### Supplied entries ###

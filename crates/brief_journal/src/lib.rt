//! A journal as memory keeps it: its contracts are those of a journal of entries, whose texts clauses alone see.
#![tactic(auto)]

mod batches;
mod entries;
mod journals;

pub use batches::{BriefBatch, BriefEntries};
pub use entries::{BriefCommand, BriefEntry, BriefReply};
pub use journals::BriefJournal;
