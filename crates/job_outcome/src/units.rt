//! How a unit of a member's work ends.
ghost use Rattle.std.specs.Prelude.{◌≡◌};
ghost use Rattle.job_outcome.specs.Next.{end_by as end_by_lem};

use mas_types::{Closing, Reply};

/// How a unit of work ends.
#[derive(Drop)]
pub enum UnitEnd {
    /// It is done.
    Done,
    /// None applies.
    Idle,
    /// It is refused, and the step closes so.
    Refused(Closing),
}

/// How a unit ends whose last command has this reply.
pub fn end_by(reply: &Reply) -> UnitEnd
    ensures { result ≡ end_by_lem reply.now }
{
    match reply {
        Reply::No(why) => UnitEnd::Refused(Closing::Reply(Reply::No(*why))),
        _ => UnitEnd::Done,
    }
}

###

= What you will do =
Across the entries, how many lines contain the word "ghost"? State that number and nothing else.

= Solution =
2